Because the latter three types are rarely used in our data analysis , So there is no intention to introduce , Interested readers can read the original .
factor (factor)
Factors are derived from integer vectors , The factor has two properties , One is class, Its value is "factor", This property makes it different from ordinary integer vectors ; Another attribute is level, It defines all allowed values in the factor .
x <- factor(c("a", "b", "b", "a"))
x
#> [1] a b b a
#> Levels: a b
typeof(x)
#> [1] "integer"
attributes(x)
#> $levels
#> [1] "a" "b"
#>
#> $class
#> [1] "factor"
Take a closer look at the following code , You'll find that when you use table() When the function calculates the number of elements in the factor , Allow to exist (level Property contains all values ) But values not actually in the factor will also be calculated , Of course, the result of the calculation must be zero .
sex_char <- c("m", "m", "m")
sex_factor <- factor(sex_char, levels = c("m", "f"))
table(sex_char)
#> sex_char
#> m
#> 3
table(sex_factor)
#> sex_factor
#> m f
#> 3 0
Ordered factors Is a special kind of factor . It behaves like a regular factor , but level The order of values makes sense , such as "low","medium" and "high" etc. .
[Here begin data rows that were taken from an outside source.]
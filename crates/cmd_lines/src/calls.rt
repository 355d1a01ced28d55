// Calls of the gatherer on a piece of a trace, one after the other. That pieces give what the whole gives is its law `InPieces`.
ghost use Rattle.std.specs.Prelude.{◌≡◌, length};
ghost use Rattle.cmd_lines.specs.Calls.{begun, drops, over, called, again, rebased};

use tool_lines::Lines;
use tool_lines::line::Outcome;
use tool_lines::piece::go_on_piece;

// Where a run stands: the gatherer's state, whose place counts from the piece's first byte, what its last call told, and whether a line was dropped.
#[derive(Clone, Copy)]
pub struct Run {
    pub state: Lines,
    pub told: Outcome,
    pub dropped: bool,
}

fn drops(o: Outcome) -> bool
    ensures { result ≡ drops o }
{
    match o {
        Outcome::Nothing => false,
        Outcome::Handed(_, _) => false,
        Outcome::Dropped(_, _) => true,
        Outcome::Stopped(_) => false,
        Outcome::Ended => false,
        Outcome::Refused(_) => false,
    }
}

// Whether a piece has no more to tell.
pub fn over(o: Outcome) -> bool
    ensures { result ≡ over o }
{
    match o {
        Outcome::Nothing => true,
        Outcome::Handed(_, _) => false,
        Outcome::Dropped(_, _) => false,
        Outcome::Stopped(_) => true,
        Outcome::Ended => true,
        Outcome::Refused(_) => true,
    }
}

// Room for a line.
fn room() -> [u8; 128]
    ensures { 128 ≡ length result }
{
    [0u8; 128]
}

// One call on a piece, which is the last of the trace or not.
fn call(s: Lines, bytes: &[u8], last: bool, period: u32) -> tool_lines::Turned
    ensures { result ≡ called period bytes.now last s }
{
    let mut line = room();
    go_on_piece(s, bytes, last, period, &mut line)
}

impl Run {
    // At the start of a trace.
    // Ruled out: a module that is not fresh from reset; a line dropped before the first.
    pub fn start() -> Run
        ensures { result ≡ begun }
    {
        Run {
            state: tool_lines::start(),
            told: Outcome::Nothing,
            dropped: false,
        }
    }

    // Ruled out: a drop that a later line makes forgotten; a call from the state before.
    pub fn again(self, bytes: &[u8], last: bool, period: u32) -> Run
        ensures { result ≡ again period bytes.now last self }
    {
        let t = call(self.state, bytes, last, period);
        let state = t.state;
        let told = t.outcome;
        Run {
            state,
            told,
            dropped: self.dropped | drops(told),
        }
    }

    // Where the next piece begins with the bytes from the place on.
    // Ruled out: a place kept from the piece before.
    pub fn rebased(self) -> Run
        ensures { result ≡ rebased self }
    {
        let state = self.state;
        let told = self.told;
        Run {
            state: state.rebased(),
            told,
            dropped: self.dropped,
        }
    }
}
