// Two logs counted piece by piece: the bytes of each, the answers that differ, and what is said of them at the end.
ghost use Rattle.std.specs.Prelude.{◌≡◌};
ghost use Rattle.cmd_compare.specs.Tally.{nothing, tallied, answers_in, answers_of, more_of};

use files::pieces::counted;
use tool_compare::Compared;

// What has been compared so far: the logs' kind, or 0 before the first piece; whether a log ended within an answer; how many answers differ;
// and the bytes of each log.
#[derive(Clone, Copy)]
pub struct Tally {
    pub kind: u8,
    pub cut: bool,
    pub differing: u64,
    pub first: u64,
    pub second: u64,
}

// Ruled out: a kind before the first piece; answers that differ already.
pub fn nothing() -> Tally
    ensures { result ≡ nothing }
{
    Tally {
        kind: 0,
        cut: false,
        differing: 0,
        first: 0,
        second: 0,
    }
}

// A piece more, of a and of b bytes.
// Ruled out: the bytes of the first log counted as the second's; a count of the piece alone; a cut log forgotten.
pub fn tallied(t: Tally, kind: u8, a: usize, b: usize, r: Compared) -> Tally
    ensures { result ≡ tallied t kind a b r }
{
    Tally {
        kind,
        cut: t.cut | (r.refusal == 6),
        differing: counted(t.differing, r.count as usize),
        first: counted(t.first, a),
        second: counted(t.second, b),
    }
}

// How many answers of a kind so many bytes are.
// Ruled out: ten bytes for both kinds; one more for a cut answer.
pub fn answers_in(kind: u8, bytes: u64) -> u64
    ensures { result ≡ answers_in kind bytes }
{
    if kind == 17 { bytes / 18 } else { bytes / 10 }
}

// The answers that both logs have.
// Ruled out: the answers of the longer log; bytes for answers.
pub fn answers_of(t: Tally) -> u64
    ensures { result ≡ answers_of t }
{
    answers_in(t.kind, t.first.min(t.second))
}

// How many answers a log has more than the other, by their bytes.
// Ruled out: bytes for answers; a surplus of the shorter log.
pub fn more_of(kind: u8, mine: u64, other: u64) -> u64
    ensures { result ≡ more_of kind mine other }
{
    answers_in(kind, mine.saturating_sub(other))
}
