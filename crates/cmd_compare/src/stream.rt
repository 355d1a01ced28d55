// Two logs read piece by piece, each piece of whole answers but the last.
ghost use Rattle.std.specs.Prelude.{◌≡◌, length, IfOk};
ghost use Rattle.io.specs.Counts.{IsPrefixLen};

use crate::piece::{End, Log};
use crate::step::{Turned, step};
use crate::tally::nothing;
use console::output::Out;
use files::origin::Origin;
use files::pieces::fill;
use files::system::{Sink, System};

// Reads until the buffer is full or the input ends; how many bytes there are.
fn fill_up<R: System>(rt: &R, from: &Origin, buf: &mut [u8]) -> std::io::Result<usize>
    ensures { IfOk result (λ n. IsPrefixLen n buf.new) }
{
    let mut have: usize = 0;
    while have < buf.len() {
        let f = fill(rt, from, buf, have, false)?;
        if f.total <= have {
            break;
        }
        have = f.total;
    }
    Ok(have)
}

fn not_read(t: Turned, log: Log) -> Turned {
    let tally = t.tally;
    let out = t.out;
    Turned {
        tally,
        out,
        end: End::NotRead(log),
    }
}

// Room for a piece of 6,552 answers of ten bytes or 3,640 of eighteen.
fn answers() -> [u8; 65520]
    ensures { 65520 ≡ length result }
{
    [0u8; 65520]
}

// Two numbers for each of them.
fn numbers() -> [u64; 13104]
    ensures { 13104 ≡ length result }
{
    [0u64; 13104]
}

fn turn<R: System>(
    rt: &R,
    shows: bool,
    to: &Sink,
    t: Turned,
    first: &Origin,
    second: &Origin,
    a: &mut [u8],
    b: &mut [u8],
    lines: &mut [u8],
) -> Turned {
    let Ok(n) = fill_up(rt, first, a) else {
        return not_read(t, Log::First);
    };
    let Ok(m) = fill_up(rt, second, b) else {
        return not_read(t, Log::Second);
    };
    let mut list = numbers();
    step(shows, to, t, &a[..n], &b[..m], &mut list, lines)
}

// Compares what two inputs give, from where they stand to their ends, and shows the differing answers if it is to. What is left in the buffer
// for lines is still to be written.
pub fn pass<R: System>(
    rt: &R,
    shows: bool,
    first: &Origin,
    second: &Origin,
    to: &Sink,
    out: Out,
    lines: &mut [u8],
) -> Turned {
    let mut a = answers();
    let mut b = answers();
    let mut now = Turned {
        tally: nothing(),
        out,
        end: End::More,
    };
    for _ in 0..u64::MAX {
        now = turn(rt, shows, to, now, first, second, &mut a, &mut b, lines);
        let end = now.end;
        let End::More = end else {
            return now;
        };
    }
    now
}
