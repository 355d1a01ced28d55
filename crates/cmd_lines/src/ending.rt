// How a replay ended: what is said of it, and the status.
ghost use Rattle.std.specs.Prelude.{◌≡◌};
ghost use Rattle.text.specs.Line.{puts, Shows};
ghost use Rattle.tool_lines.specs.Stop.{number_of};
ghost use Rattle.cmd_lines.specs.Ending.{stop_words, stop_line, ended, status};

use console::status::Status;
use console::stop::{at_byte, numbered};
use text::line::Line;
use tool_lines::line::Outcome;
use tool_lines::stop::Stop;

// Why a replay stopped: an access that polling is to make, or as any trace does.
fn why_stopped(line: Line, why: Stop) -> Line
    ensures { result ≡ puts line (stop_words (number_of why)) }
{
    match why {
        Stop::Access => line.write(b"an access touches SCSR or SCDR"),
        Stop::UnknownKind => line.stop_words(trace::Stop::UnknownKind),
        Stop::CutRecord => line.stop_words(trace::Stop::CutRecord),
        Stop::ClockLimit => line.stop_words(trace::Stop::ClockLimit),
    }
}

// The same with its number, and the place in bytes of the record before which it stopped.
// Ruled out: the number of another refusal; the words of another.
pub fn stop_line(why: Stop, place: u64) -> Line
    ensures { Shows result (stop_line (number_of why) place) }
{
    at_byte(why_stopped(numbered(u8::from(why)), why), place)
}

fn ended(dropped: bool) -> Status
    ensures { result ≡ ended dropped }
{
    if dropped { Status::Found } else { Status::Done }
}

// The status of a replay, by what its last call told and whether a line was dropped.
// Ruled out: a dropped line, or a stop, that a script takes for done; a wrong period that it takes for a drop.
pub fn status(told: Outcome, dropped: bool) -> Status
    ensures { result ≡ status told dropped }
{
    match told {
        Outcome::Nothing => Status::Failed,
        Outcome::Handed(_, _) => Status::Failed,
        Outcome::Dropped(_, _) => Status::Failed,
        Outcome::Stopped(_) => Status::Found,
        Outcome::Ended => ended(dropped),
        Outcome::Refused(_) => Status::Failed,
    }
}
grade <- ordered(c("b", "b", "a", "c"), levels = c("c", "b", "a"))
grade
#> [1] b b a c
#> Levels: c < b < a
some base R Function of , such as read.csv() and data.frame etc. , They will automatically convert the string vector into a factor , Sometimes if you don't want to do this , You can use parameters stringsAsFactors = FALSE Turn off this behavior .
list (list)
Lists also belong to vectors in a broad sense , But each of its elements can be a different data type . But combined with the content of the previous tweet , Technically speaking , Each element in the list is actually of the same type , Because each element in the list is actually a reference to the corresponding object , So every element must belong to the same type , But the object pointed to can belong to different data types .
Create a list of
You can use list() Function to create an object :
l1 <- list(
1:3,
"a",
c(TRUE, FALSE, TRUE),
c(2.3, 5.9)
)
typeof(l1)
#> [1] "list"
class(l1)
#> [1] "list"
str(l1)
#> List of 4
#> $ : int [1:3] 1 2 3
#> $ : chr "a"
#> $ : logi [1:3] TRUE FALSE TRUE
#> $ : num [1:2] 2.3 5.9
Because each element of the list is a link to a corresponding object , Creating a list does not involve copying other objects , So often the actual size of the list is smaller than you expected .
lobstr::obj_size(mtcars)
#> 7,208 B
l2 <- list(mtcars, mtcars, mtcars, mtcars)
lobstr::obj_size(l2)
#> 7,288 B
Lists are sometimes called recursive (recursive) Vector , Because the elements of a list can also be a list , and atomic vector The element of can only be scalar .
l3 <- list(list(list(1)))
str(l3)
#> List of 1
#> $ :List of 1
#> ..$ :List of 1
#> .. ..$ : num 1
c() Function can combine multiple lists into one list , If the parameter contains both atomic vectors And list ,c() The function will first atomic vectors Convert to list , Then merge the different lists . The following code compares c() and list() function :
l4 <- list(list(1, 2), c(3, 4))
l5 <- c(list(1, 2), c(3, 4))
str(l4)
#> List of 2
#> $ :List of 2
#> ..$ : num 1
#> ..$ : num 2
#> $ : num [1:2] 3 4
str(l5)
#> List of 4
#> $ : num 1
#> $ : num 2
#> $ : num 3
#> $ : num 4
Testing and coercion
It can be used is.list() Function to determine whether an object is a list ,as.list() Function can be used to convert other feasible objects into lists . If you want to convert the list to atomic vector have access to unlist() function .
list(1:3)
#> [[1]]
#> [1] 1 2 3
as.list(1:3)
#> [[1]]
#> [1] 1
#>
#> [[2]]
#> [1] 2
#>
#> [[3]]
#> [1] 3
Matrices and arrays
about atomic vector, If you add dimension attributes , Can be converted to matrix perhaps array object ; Also for lists , Dimension properties can also be used to convert a list to list-matrix perhaps list-array object .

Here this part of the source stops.